PROBLEM REQUIREMENTS
Quote the full listing word for word.

INFORMATION
== Segment start ==

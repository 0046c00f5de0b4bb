// The reader's entry over a slice of structs, for callers that have a list as bytes: test programs, which are asked in bytes.
#![tactic(auto)]

use drom::Report;
use listed::Adapter;

// The most adapters of a list, in memory of a fixed size.
const MOST: usize = 128;

// The adapters of a list of bytes, number then kind, with none behind them. An odd byte at the end is no adapter.
fn adapters_of(list: &[u8]) -> [Adapter; MOST] {
    let mut adapters = [Adapter::default(); MOST];
    for (adapter, pair) in adapters.iter_mut().zip(list.chunks_exact(2)) {
        *adapter = Adapter {
            number: pair[0],
            kind: pair[1],
        };
    }
    adapters
}

// What the entry gives for the adapters of a list of bytes, the first 128 of them.
pub fn read_structs(list: &[u8], drom: &[u8], out: &mut [u8]) -> Report {
    let n = (list.len() / 2).min(MOST);
    let adapters = adapters_of(list);
    listed::read_listed(&adapters[..n], drom, out)
}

== Segment end ==

YOUR SOLUTION
repository 0046c00f5de0b4bb
// The reader's entry over a slice of structs, for callers that have a list as bytes: test programs, which are asked in bytes.
#![tactic(auto)]

use drom::Report;
use listed::Adapter;

// The most adapters of a list, in memory of a fixed size.
const MOST: usize = 128;

// The adapters of a list of bytes, number then kind, with none behind them. An odd byte at the end is no adapter.
fn adapters_of(list: &[u8]) -> [Adapter; MOST] {
    let mut adapters = [Adapter::default(); MOST];
    for (adapter, pair) in adapters.iter_mut().zip(list.chunks_exact(2)) {
        *adapter = Adapter {
            number: pair[0],
            kind: pair[1],
        };
    }
    adapters
}

// What the entry gives for the adapters of a list of bytes, the first 128 of them.
pub fn read_structs(list: &[u8], drom: &[u8], out: &mut [u8]) -> Report {
    let n = (list.len() / 2).min(MOST);
    let adapters = adapters_of(list);
    listed::read_listed(&adapters[..n], drom, out)
}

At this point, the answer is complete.